I don't know why I always try to come up with a neat title for my blog entries before I write a word. When I write in my paper journal I don't title entries. I date them and sometimes scribble the location where it was written but never a title. I only do this because there is a space for a title. Like a monkey to a banana, I see a space for a title and there I go as if it must be done. Then, I try, square peg in a round whole style, for far too long to label what is usually no more than a jumble of common complaints, improper information regarding my mental health, stream of conscience long-winded bullshit, the worst self-help advice, the occasional recipe, and endless listing of dreams faded. I believe it is easy to say that what I put down here needs no title. Maybe, when I attempt fiction. I mean, for real and not this fiction that just so happens to be my reality.

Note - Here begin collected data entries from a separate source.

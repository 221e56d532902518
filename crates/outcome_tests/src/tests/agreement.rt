//! Random programs have the ends that all interleavings lead to, and for each of them a run.

ghost use Rattle.outcomes.specs.Searches.{IsSearch};

use super::draws::Draws;
use super::programs::{random_data, random_program};
use super::searches::{
    SIZE, count, picture_after, picture_at, pictures, searched_from, witness_of,
};
use crate::tests::claims::{equal_at, holds_at};
use interleavings::{Ends, Order, Source, all_ends};
use outcomes::Outcomes;
use std::process::Abort;
use std::test::Fail;
use words::{AbortCause, Entry};

/// The most states of a program, without a reduction.
const MOST: usize = 20_000;

/// What was compared.
#[derive(Clone, Copy, Debug, Default)]
pub(crate) struct Tally {
    programs: usize,
    /// Those with more states than the limit.
    skipped: usize,
    /// Those with more than one end.
    forked: usize,
    ends: usize,
    pub(crate) states: usize,
    /// In the runs to the ends: aborts for a conflict, as asked and for a cause, and stops for a cause.
    conflicts: usize,
    asked: usize,
    trapped: usize,
    stopped: usize,
}

/// One more.
fn count_one(number: &mut usize) {
    *number = number.saturating_add(1);
}

impl Tally {
    /// Adds a program of so many ends and states.
    fn add(&mut self, ends: usize, states: usize) {
        count_one(&mut self.programs);
        if ends > 1 {
            count_one(&mut self.forked);
        }
        self.ends = self.ends.saturating_add(ends);
        self.states = self.states.saturating_add(states);
    }

    /// Adds an entry of a run.
    fn note(&mut self, entry: &Entry) {
        match entry {
            Entry::Abort { cause, .. } => match cause {
                AbortCause::Conflict => count_one(&mut self.conflicts),
                AbortCause::Asked => count_one(&mut self.asked),
                AbortCause::Trapped(..) => count_one(&mut self.trapped),
                AbortCause::LogFull => {}
            },
            Entry::Trap { .. } => count_one(&mut self.stopped),
            _ => {}
        }
    }
}

/// That a search found all these ends.
fn check_ends(
    rt: &(impl Abort + AllocGlobal),
    source: &Source<'_>,
    outcomes: &Outcomes,
    ends: &Ends,
) -> Result<(), Fail>
    requires { IsSearch outcomes.now }
{
    holds_at(rt, outcomes.is_all, &source);
    equal_at(rt, &count(rt.alloc(), outcomes)?, &ends.count, &source);
    holds_at(
        rt,
        pictures(rt.alloc(), outcomes)? == ends.pictures,
        &source,
    );
    Ok(())
}

/// That each end has a witness, whose entries are noted.
fn check_witnesses(
    rt: &(impl Abort + AllocGlobal),
    source: &Source<'_>,
    harts: u32,
    outcomes: &Outcomes,
    tally: &mut Tally,
) -> Result<(), Fail>
    requires { IsSearch outcomes.now }
{
    for place in &outcomes.ends(rt.alloc())? {
        let entries = witness_of(rt.alloc(), outcomes, *place)?.ok_or("no witness")?;
        let after = picture_after(rt.alloc(), source, harts, &entries)?;
        let wanted = picture_at(rt.alloc(), outcomes, *place)?;
        holds_at(rt, after.is_some() && after == wanted, &(place, source));
        for entry in &entries {
            tally.note(entry);
        }
    }
    Ok(())
}

/// That a program's search made just the moves of the reduction, that it found all these ends, and that each has a witness.
fn check_search(
    rt: &(impl Abort + AllocGlobal),
    source: &Source<'_>,
    harts: u32,
    ends: (&Ends, &Ends),
    outcomes: &Outcomes,
    tally: &mut Tally,
) -> Result<(), Fail>
    requires { IsSearch outcomes.now }
{
    let (all, reduced) = ends;
    check_ends(rt, source, outcomes, all)?;
    equal_at(rt, &outcomes.len(), &reduced.states, &source);
    holds_at(rt, reduced.pictures == all.pictures, &source);
    check_witnesses(rt, source, harts, outcomes, tally)?;
    tally.add(all.count, all.states);
    Ok(())
}

/// The same of the search that is made of it.
fn check_searched(
    rt: &(impl Abort + AllocGlobal),
    source: &Source<'_>,
    harts: u32,
    ends: (&Ends, &Ends),
    tally: &mut Tally,
) -> Result<(), Fail> {
    let outcomes = searched_from(rt.alloc(), source, harts, MOST)?;
    check_search(rt, source, harts, ends, &outcomes, tally)
}

/// That a program has the ends that all interleavings lead to, that the search makes just the moves of the reduction, and that each end has a witness; if
/// the program has few enough states.
pub(crate) fn check_program(
    rt: &(impl Abort + AllocGlobal),
    source: &Source<'_>,
    harts: u32,
    tally: &mut Tally,
) -> Result<(), Fail> {
    let Some(all) = all_ends(rt.alloc(), source, harts, SIZE, Order::Any, MOST)? else {
        count_one(&mut tally.skipped);
        return Ok(());
    };
    let reduced = all_ends(rt.alloc(), source, harts, SIZE, Order::LocalFirst, MOST)?.ok_or(
        "too many",
    )?;
    check_searched(rt, source, harts, (&all, &reduced), tally)
}

/// Checks the programs of so many seeds, of 2 to so many words beside their first and last ones.
fn check_programs(
    rt: &(impl Abort + AllocGlobal),
    harts: u32,
    seeds: u64,
    most_words: u64,
) -> Result<Tally, Fail> {
    let mut tally = Tally::default();
    for seed in 0..seeds {
        let mut draws = Draws::new(seed.wrapping_add(1_000_000 * u64::from(harts)));
        let data = random_data(rt.alloc(), &mut draws)?;
        let body = 2 + draws.below(most_words.max(2) - 1);
        let text = random_program(rt.alloc(), draws, body.min(1000) as usize)?;
        let source = Source {
            text: &text,
            data: &data,
        };
        check_program(rt, &source, harts, &mut tally)?;
    }
    Ok(tally)
}

#[test]
fn programs_of_one_hart(rt: HostRuntime) -> Result<(), Fail> {
    let tally = check_programs(&rt, 1, 300, 10)?;
    holds_at(&rt, tally.programs > 280 && tally.stopped > 50, &tally);
    holds_at(&rt, tally.asked > 4 && tally.trapped > 12, &tally);
    Ok(())
}

#[test]
fn programs_of_two_harts(rt: HostRuntime) -> Result<(), Fail> {
    let tally = check_programs(&rt, 2, 1_000, 10)?;
    holds_at(&rt, tally.programs > 950 && tally.stopped > 1_000, &tally);
    holds_at(&rt, tally.asked > 60 && tally.trapped > 150, &tally);
    holds_at(&rt, tally.forked > 250 && tally.conflicts > 700, &tally);
    Ok(())
}

#[test]
fn programs_of_three_harts(rt: HostRuntime) -> Result<(), Fail> {
    let tally = check_programs(&rt, 3, 1_000, 6)?;
    holds_at(&rt, tally.programs > 950 && tally.stopped > 3_000, &tally);
    holds_at(&rt, tally.asked > 30 && tally.trapped > 250, &tally);
    holds_at(&rt, tally.forked > 200 && tally.conflicts > 1_500, &tally);
    Ok(())
}
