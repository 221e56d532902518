//! Searches that are cut short, and go on.

ghost use Rattle.outcomes.specs.Searches.{IsSearch};

use super::draws::Draws;
use super::litmus::STORE_BUFFERING;
use super::pictures::picture;
use super::programs::random_program;
use super::searches::{count, picture_after, picture_at, pictures, searched};
use super::sources::text_alone;
use crate::tests::claims::{equal, holds};
use outcomes::{Outcomes, Untold};
use std::alloc::{AllocError, Global};
use std::process::Abort;
use std::test::Fail;

/// That a search which goes on has found so many states then, which are all, and says so.
fn check_resumed(
    rt: &(impl Abort + AllocGlobal),
    outcomes: &mut Outcomes,
    states: usize,
) -> Result<(), Fail>
    requires { IsSearch outcomes.old }
{
    outcomes.find_all(rt.alloc(), states, &mut Untold)?;
    equal(rt, &(outcomes.is_all, outcomes.len()), &(true, states));
    Ok(())
}

/// That a search which was cut found only ends of the program.
fn check_ends(
    rt: &(impl Abort + AllocGlobal),
    cut: &Outcomes,
    whole: &Outcomes,
) -> Result<(), AllocError>
    requires cut { IsSearch cut.now }
    requires whole { IsSearch whole.now }
{
    let all = pictures(rt.alloc(), whole)?;
    for picture in &pictures(rt.alloc(), cut)? {
        holds(rt, all.contains(picture));
    }
    Ok(())
}

/// That a search which was cut at a limit holds so many states as the limit says, and only ends of the program; and that it then finds the rest. (It
/// begins with one state.)
fn check_cut_search(
    rt: &(impl Abort + AllocGlobal),
    whole: &Outcomes,
    limit: usize,
    cut: &mut Outcomes,
) -> Result<(), Fail>
    requires whole { IsSearch whole.now }
    requires cut { IsSearch cut.old }
{
    equal(rt, &(cut.is_all, cut.len()), &(false, limit.max(1)));
    check_ends(rt, cut, whole)?;
    check_resumed(rt, cut, whole.len())
}

/// That a search is cut so at a limit. Here and below what owns a search has one way out: the check takes longer for each.
fn check_cut(
    rt: &(impl Abort + AllocGlobal),
    text: &[u32],
    whole: &Outcomes,
    limit: usize,
) -> Result<(), Fail>
    requires { IsSearch whole.now }
{
    let mut cut = searched(rt.alloc(), text, 2, limit)?;
    check_cut_search(rt, whole, limit, &mut cut)
}

/// That a search which wasn't cut found so many states and ends, and no more if it goes on.
fn check_whole_search(
    rt: &(impl Abort + AllocGlobal),
    wanted: (usize, usize),
    outcomes: &mut Outcomes,
) -> Result<(), Fail>
    requires { IsSearch outcomes.old }
{
    let found = (outcomes.len(), count(rt.alloc(), outcomes)?);
    equal(rt, &(outcomes.is_all, found), &(true, wanted));
    check_resumed(rt, outcomes, wanted.0)
}

/// That a search isn't cut at a limit.
fn check_whole(
    rt: &(impl Abort + AllocGlobal),
    text: &[u32],
    limit: usize,
    found: (usize, usize),
) -> Result<(), Fail> {
    let mut outcomes = searched(rt.alloc(), text, 2, limit)?;
    check_whole_search(rt, found, &mut outcomes)
}

/// That a search is cut at each of these limits that is below the number of its states.
fn check_cuts(
    rt: &(impl Abort + AllocGlobal),
    text: &[u32],
    whole: &Outcomes,
    limits: &[usize],
) -> Result<(), Fail>
    requires { IsSearch whole.now }
{
    for limit in limits {
        if *limit < whole.len() {
            check_cut(rt, text, whole, *limit)?;
        }
    }
    Ok(())
}

/// That a search isn't cut at the number of its states, and above it.
fn check_wholes(
    rt: &(impl Abort + AllocGlobal),
    text: &[u32],
    found: (usize, usize),
) -> Result<(), Fail> {
    let states = found.0;
    check_whole(rt, text, states, found)?;
    check_whole(rt, text, states.saturating_add(1), found)?;
    check_whole(rt, text, states.saturating_add(2), found)?;
    check_whole(rt, text, usize::MAX, found)
}

/// Limits of a search of so many states.
fn limits(states: usize) -> [usize; 9] {
    let last = states.saturating_sub(1);
    [0, 1, 2, 3, 50, 55, states / 2, last.saturating_sub(1), last]
}

/// That a program's search, of which this is the whole, is cut at limits below the number of its states, and not at that number or above it. The answer
/// is how many states and ends there are, none of a program with too many.
fn check_limits_of(
    rt: &(impl Abort + AllocGlobal),
    text: &[u32],
    whole: &Outcomes,
) -> Result<(usize, usize), Fail>
    requires { IsSearch whole.now }
{
    if !whole.is_all {
        return Ok((0, 0));
    }
    let found = (whole.len(), count(rt.alloc(), whole)?);
    check_cuts(rt, text, whole, &limits(found.0))?;
    check_wholes(rt, text, found)?;
    Ok(found)
}

fn check_limits(rt: &(impl Abort + AllocGlobal), text: &[u32]) -> Result<(usize, usize), Fail> {
    let whole = searched(rt.alloc(), text, 2, 20_000)?;
    check_limits_of(rt, text, &whole)
}

#[test]
fn a_limit_cuts_the_search(rt: HostRuntime) -> Result<(), Fail> {
    equal(&rt, &check_limits(&rt, &STORE_BUFFERING)?, &(111, 7));
    for seed in 0..20 {
        let text = random_program(rt.alloc(), Draws::new(seed), 4)?;
        check_limits(&rt, &text)?;
    }
    Ok(())
}

/// That the first state is this one.
fn check_first(
    rt: &(impl Abort + AllocGlobal),
    outcomes: &Outcomes,
    wanted: &[u32],
) -> Result<(), AllocError>
    requires { IsSearch outcomes.now }
{
    let first = picture(rt.alloc(), &outcomes.first())?;
    equal(rt, &first.as_slice(), &wanted);
    match picture_at(rt.alloc(), outcomes, 0)? {
        Some(found) => equal(rt, &found.as_slice(), &wanted),
        None => holds(rt, false),
    }
    Ok(())
}

/// Whether there is a state at a place.
fn is_state(alloc: Global, outcomes: &Outcomes, place: usize) -> Result<bool, AllocError>
    requires { IsSearch outcomes.now }
{
    Ok(picture_at(alloc, outcomes, place)?.is_some())
}

/// That a search of 50 states begins with the one that is wanted.
fn check_fifty(
    rt: &(impl Abort + AllocGlobal),
    outcomes: &Outcomes,
    wanted: &[u32],
) -> Result<(), Fail>
    requires { IsSearch outcomes.now }
{
    check_first(rt, outcomes, wanted)?;
    holds(rt, is_state(rt.alloc(), outcomes, 49)?);
    holds(rt, !is_state(rt.alloc(), outcomes, 50)?);
    Ok(())
}

fn check_begun(rt: &(impl Abort + AllocGlobal), wanted: &[u32]) -> Result<(), Fail> {
    let outcomes = searched(rt.alloc(), &STORE_BUFFERING, 2, 50)?;
    check_fifty(rt, &outcomes, wanted)
}

/// The first state is that of a machine which is booted and makes no step.
#[test]
fn a_search_begins_where_a_machine_does(rt: HostRuntime) -> Result<(), Fail> {
    let booted = picture_after(rt.alloc(), &text_alone(&STORE_BUFFERING), 2, &[])?;
    match &booted {
        Some(wanted) => check_begun(&rt, wanted),
        None => Err("no machine")?,
    }
}
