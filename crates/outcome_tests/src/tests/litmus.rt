//! The litmus programs of examples/litmus on the machine of the tests' own. (The transcripts show their ends, and how many states the search meets.)

use super::agreement::{Tally, check_program};
use super::sources::text_alone;
use crate::tests::claims::equal;
use std::test::Fail;

#[rattlefmt::skip]
pub(crate) const STORE_BUFFERING: [u32; 13] = [
    0x0000_22b7, // lui t0, 0x2
    0x0010_0313, // li t1, 1
    0x0005_1c63, // bnez a0, 24
    0x0402_a383, // lw t2, 0x40(t0)
    0x0062_a023, // sw t1, 0(t0)
    0x0402_a503, // lw a0, 0x40(t0)
    0x05d0_0893, // li a7, 93
    0x0000_0073, // ecall
    0x0002_a383, // lw t2, 0(t0)
    0x0462_a023, // sw t1, 0x40(t0)
    0x0002_a503, // lw a0, 0(t0)
    0x05d0_0893, // li a7, 93
    0x0000_0073, // ecall
];

#[rattlefmt::skip]
const MESSAGE_PASSING: [u32; 16] = [
    0x0000_22b7, // lui t0, 0x2
    0x0010_0313, // li t1, 1
    0x0005_1c63, // bnez a0, 24
    0x0062_a023, // sw t1, 0(t0)
    0x0462_a023, // sw t1, 0x40(t0)
    0x0000_0513, // li a0, 0
    0x05d0_0893, // li a7, 93
    0x0000_0073, // ecall
    0x0002_a383, // lw t2, 0(t0)
    0x0402_ae03, // lw t3, 0x40(t0)
    0x0002_a383, // lw t2, 0(t0)
    0x00a0_0e93, // li t4, 10
    0x03de_0533, // mul a0, t3, t4
    0x0075_0533, // add a0, a0, t2
    0x05d0_0893, // li a7, 93
    0x0000_0073, // ecall
];

#[rattlefmt::skip]
const LOAD_BUFFERING: [u32; 11] = [
    0x0000_22b7, // lui t0, 0x2
    0x0010_0313, // li t1, 1
    0x0005_1a63, // bnez a0, 20
    0x0002_a503, // lw a0, 0(t0)
    0x0462_a023, // sw t1, 0x40(t0)
    0x05d0_0893, // li a7, 93
    0x0000_0073, // ecall
    0x0402_a503, // lw a0, 0x40(t0)
    0x0062_a023, // sw t1, 0(t0)
    0x05d0_0893, // li a7, 93
    0x0000_0073, // ecall
];

#[rattlefmt::skip]
const TWO_LOADS: [u32; 14] = [
    0x0000_22b7, // lui t0, 0x2
    0x0010_0313, // li t1, 1
    0x0005_1a63, // bnez a0, 20
    0x0062_a023, // sw t1, 0(t0)
    0x0000_0513, // li a0, 0
    0x05d0_0893, // li a7, 93
    0x0000_0073, // ecall
    0x0002_a383, // lw t2, 0(t0)
    0x0002_ae03, // lw t3, 0(t0)
    0x00a0_0e93, // li t4, 10
    0x03d3_8533, // mul a0, t2, t4
    0x01c5_0533, // add a0, a0, t3
    0x05d0_0893, // li a7, 93
    0x0000_0073, // ecall
];

#[rattlefmt::skip]
const STRONG_ISOLATION: [u32; 14] = [
    0x0000_22b7, // lui t0, 0x2
    0x0205_1463, // bnez a0, 40
    0x0000_000b, // tbegin 0
    0x0010_0313, // li t1, 1
    0x0062_a023, // sw t1, 0(t0)
    0x0020_0313, // li t1, 2
    0x0062_a023, // sw t1, 0(t0)
    0x0000_100b, // tcommit
    0x0000_0513, // li a0, 0
    0x05d0_0893, // li a7, 93
    0x0000_0073, // ecall
    0x0002_a503, // lw a0, 0(t0)
    0x05d0_0893, // li a7, 93
    0x0000_0073, // ecall
];

#[rattlefmt::skip]
const STORE_BETWEEN: [u32; 13] = [
    0x0000_2437, // lui s0, 0x2
    0x05d0_0893, // li a7, 93
    0x0205_1063, // bnez a0, 32
    0x0050_0393, // li t2, 5
    0x1004_22af, // lr.w t0, (s0)
    0x1874_232f, // sc.w t1, t2, (s0)
    0x00a0_0393, // li t2, 10
    0x0272_8533, // mul a0, t0, t2
    0x0065_0533, // add a0, a0, t1
    0x0000_0073, // ecall
    0x00a4_2023, // sw a0, 0(s0)
    0x0000_0513, // li a0, 0
    0x0000_0073, // ecall
];

#[rattlefmt::skip]
const CONDITIONAL_UPDATES: [u32; 6] = [
    0x0000_2437, // lui s0, 0x2
    0x1004_22af, // lr.w t0, (s0)
    0x0012_8293, // addi t0, t0, 1
    0x1854_252f, // sc.w a0, t0, (s0)
    0x05d0_0893, // li a7, 93
    0x0000_0073, // ecall
];

/// The programs, and how many states all interleavings lead to: these were counted by another program.
static PROGRAMS: [(&[u32], usize); 7] = [
    (&STORE_BUFFERING, 169),
    (&MESSAGE_PASSING, 180),
    (&LOAD_BUFFERING, 88),
    (&TWO_LOADS, 140),
    (&STRONG_ISOLATION, 84),
    (&STORE_BETWEEN, 145),
    (&CONDITIONAL_UPDATES, 139),
];

#[test]
fn litmus_programs(rt: HostRuntime) -> Result<(), Fail> {
    for (text, states) in &PROGRAMS {
        let mut tally = Tally::default();
        check_program(&rt, &text_alone(text), 2, &mut tally)?;
        equal(&rt, &tally.states, &*states);
    }
    Ok(())
}
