//! The plain values that every other crate speaks of: registers, addresses, blocks, harts, stamps,
//! causes, entries, steps, messages, and where bytes are put.
#![tactic(auto)]

mod address;
mod cause;
mod entry;
mod hart;
mod limits;
mod marks;
mod message;
mod register;
mod sink;
mod stamp;

pub use address::{Addr, BLOCK_BYTES, BLOCK_WORDS, Block, BlockNo};
pub use cause::{AbortCause, Cause, Status};
pub use entry::{Access, Entry, Step, Width};
pub use hart::{HARTS, HartId, HartSet};
pub use limits::{LOG_BYTES, LOG_RECORDS, STACK_BYTES};
pub use marks::Marks;
pub use message::{Kind, LineState, Message};
pub use register::{Reg, Regs};
pub use sink::{Counted, Sink, SinkFault, Taken};
pub use stamp::Stamp;
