//! What is to be seen of a machine: of each hart its registers, pc, status and output, and then the words from 0 to 0x7c.

use flat::Engine;
use interleavings::{push_hart, push_number};
use std::alloc::{AllocError, Global};
use words::{Addr, HartId};

/// Pushes what is to be seen of a hart of a machine, if there is one with this number.
fn push_hart_of<E: Engine>(
    picture: &mut Vec<u32>,
    engine: &E,
    hart: HartId,
) -> Result<(), AllocError> {
    if hart.index() >= engine.harts() {
        return Ok(());
    }
    let Some(shown) = engine.regs(hart) else {
        return Ok(());
    };
    let (regs, pc, status) = shown;
    push_hart(
        picture,
        regs.values(),
        pc.value(),
        &status,
        engine.output(hart),
    )
}

/// What is to be seen of a machine.
pub(crate) fn picture<E: Engine>(alloc: Global, engine: &E) -> Result<Vec<u32>, AllocError> {
    let mut picture = Vec::new(alloc);
    for number in 0..8 {
        push_hart_of(&mut picture, engine, HartId::new(number))?;
    }
    for word in 0..32u32 {
        push_number(&mut picture, engine.peek(Addr::new(4 * word)).unwrap_or(0))?;
    }
    Ok(picture)
}
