ghost use Rattle.std.specs.Prelude.{◌≡◌, ◌<◌, ◌↔◌, IsSome, IfSome, Some, replicate};
ghost use Rattle.words.specs.Registers.{reg, with_reg};

use std::marker::Model;

/// The number of a register, 0 to 31.
#[derive(Clone, Copy, Debug, PartialEq, Eq)]
pub struct Reg {
    number: u8,
}

impl Model for Reg {
    ghost use Rattle.std.specs.Prelude.{ℕ, ◌<◌};

    ghost Value = { ℕ };

    ghost view = { λ r. r.number };

    ghost invariant = { λ r. r.number < 32 };

    ghost inverse = { λ n. record { number = n } };
}

impl Reg {
    pub const fn new(number: u8) -> Self
        requires { number < 32 }
        ensures { result ≡ number }
    {
        Reg { number }
    }

    /// The register with this number, if there is one.
    pub fn try_new(number: u8) -> Option<Self>
        ensures some { IsSome result ↔ (number < 32) }
        ensures value { IfSome result (λ r. r ≡ number) }
    {
        if number < 32 {
            Some(Reg { number })
        } else {
            None
        }
    }

    pub fn index(self) -> usize
        ensures value { result ≡ self }
        ensures bound { result < 32 }
    {
        self.number as usize
    }
}

/// The values of the 32 registers. That of x0 is always 0.
#[derive(Clone, Copy, Debug, PartialEq, Eq, Hash)]
pub struct Regs {
    values: [u32; 32],
}

impl Model for Regs {
    ghost use Rattle.std.specs.Prelude.{ℕ, List, slice_index, ◌≡◌};

    ghost Value = { List ℕ };

    ghost view = { λ r. r.values };

    ghost invariant = { λ r. slice_index r.values 0 ≡ 0 };

    ghost inverse = { λ values. record { values = values } };
}

impl Regs {
    /// Registers that are all 0.
    pub const fn new() -> Self
        ensures { result ≡ replicate 32 0 }
    {
        Regs { values: [0; 32] }
    }

    /// What a register holds. There is no test for x0, since its place holds 0.
    #[inline(always)]
    pub fn read(&self, r: Reg) -> u32
        ensures { result ≡ reg self.now r }
    {
        self.values[r.index()]
    }

    /// Puts a value into a register. One for x0 is lost.
    #[inline(always)]
    pub fn write(&mut self, r: Reg, value: u32)
        ensures { self.new ≡ with_reg self.old (Some (r, value)) }
    {
        if r.index() != 0 {
            self.values[r.index()] = value;
        }
    }

    /// The values, x0's first.
    pub fn values(&self) -> &[u32; 32]
        ensures { result.now ≡ self.now }
    {
        &self.values
    }
}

I can not write about anything other than myself here, really. For that I apologize and I wish it could be different but that's what this is. This is, for real, a huge part of my therapy and you, the reader, are of no importance. No one has to read this but I have to leave it open for people to read or it will not help me. If I put this in one of my many private journals it does not do any good and then someone finds it. When people read something that they are not supposed to they tend to overreact. That is one reason this is semi-public, it can not be that serious if I am willing to let just about anyone read my private thoughts. These can not be my most private thoughts, right? Yes, in a way. I am fairly honest here. I reveal way too much according to, well, just about everyone who acknowledges to have read this and actually communicates with me on a regular basis. I am sure there are those who read bits and pieces and think, "oh, Danny's drunk again" or "he's looking for attention and pity, how pathetic" and whatever, I get it, you think you know me. You don't and as much as I would like to say I don't care, I do. Not that much but I do wish those people would give me a chance. That, though, is not going to happen for those people don't give others chances. They make their erroneous assumptions and they move on.

See what I mean? I can not title this; it isn't anything in particular. It is brain diarrhea. I have the mental shits. That's why I wear a hat.

So, what was today?

Well, it's safe to say that it resembled those before it. Today was a series of let downs, a three course of failings, an extra large pizza of broken dreams all for me, a quart of disappointment eaten straight from the carton, and the stomach ache of tonight is upon me as a reminder of my overindulgence of hopelessness. So many things that have slipped through my fingers this year; too many "you almost had it but" situations for only two months. Now, this month is going to test my tolerance for disappointment and horror. I know I will get through it but I wish I wouldn't. I wish this was it. I wish all of this would fucking stop. I am sick of repeating myself. Walking talking dumb ass Sisyphus.